(Collection entries)
● ● ● ● ●

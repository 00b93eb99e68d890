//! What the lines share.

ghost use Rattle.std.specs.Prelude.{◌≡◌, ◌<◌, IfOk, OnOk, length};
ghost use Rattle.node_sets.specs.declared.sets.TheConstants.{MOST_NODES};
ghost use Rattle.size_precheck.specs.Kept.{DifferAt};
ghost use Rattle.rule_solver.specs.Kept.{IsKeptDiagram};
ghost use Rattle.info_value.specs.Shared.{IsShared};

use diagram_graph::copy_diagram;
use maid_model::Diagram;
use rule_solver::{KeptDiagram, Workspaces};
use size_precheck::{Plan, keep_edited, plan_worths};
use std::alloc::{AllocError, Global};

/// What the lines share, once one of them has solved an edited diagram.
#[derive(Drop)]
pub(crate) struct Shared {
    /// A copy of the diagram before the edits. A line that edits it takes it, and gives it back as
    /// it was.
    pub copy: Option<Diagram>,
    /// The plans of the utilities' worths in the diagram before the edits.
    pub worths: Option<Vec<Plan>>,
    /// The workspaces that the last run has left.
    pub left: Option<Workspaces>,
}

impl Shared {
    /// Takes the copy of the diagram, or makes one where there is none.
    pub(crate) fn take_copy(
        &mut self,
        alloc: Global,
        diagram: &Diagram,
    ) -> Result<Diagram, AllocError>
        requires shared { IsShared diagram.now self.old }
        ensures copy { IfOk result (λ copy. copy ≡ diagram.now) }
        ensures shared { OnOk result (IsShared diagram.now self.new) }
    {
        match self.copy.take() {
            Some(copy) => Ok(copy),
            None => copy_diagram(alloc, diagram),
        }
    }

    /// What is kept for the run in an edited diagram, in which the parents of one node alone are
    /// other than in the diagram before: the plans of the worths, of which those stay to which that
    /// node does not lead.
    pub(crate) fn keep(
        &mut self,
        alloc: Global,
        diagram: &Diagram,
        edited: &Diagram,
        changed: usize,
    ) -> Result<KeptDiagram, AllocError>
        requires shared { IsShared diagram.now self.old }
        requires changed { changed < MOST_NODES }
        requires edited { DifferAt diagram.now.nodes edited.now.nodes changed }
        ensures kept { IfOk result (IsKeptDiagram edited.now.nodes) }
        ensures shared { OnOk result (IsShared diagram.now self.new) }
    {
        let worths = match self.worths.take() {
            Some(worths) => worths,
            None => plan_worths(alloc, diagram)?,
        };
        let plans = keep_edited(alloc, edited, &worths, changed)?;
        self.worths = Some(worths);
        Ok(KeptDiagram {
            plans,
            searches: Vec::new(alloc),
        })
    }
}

● ● ● ● ●

◆ PROBLEM STATEMENT ◆
From the line that contains "let plans = keep_edited(alloc, edited, &worths, changed)?;" down to the final line of the entries, print every line exactly as it is, and only those lines.

◆ OUTPUT BELOW ◆
        let plans = keep_edited(alloc, edited, &worths, changed)?;
        self.worths = Some(worths);
        Ok(KeptDiagram {
            plans,
            searches: Vec::new(alloc),
        })
    }
}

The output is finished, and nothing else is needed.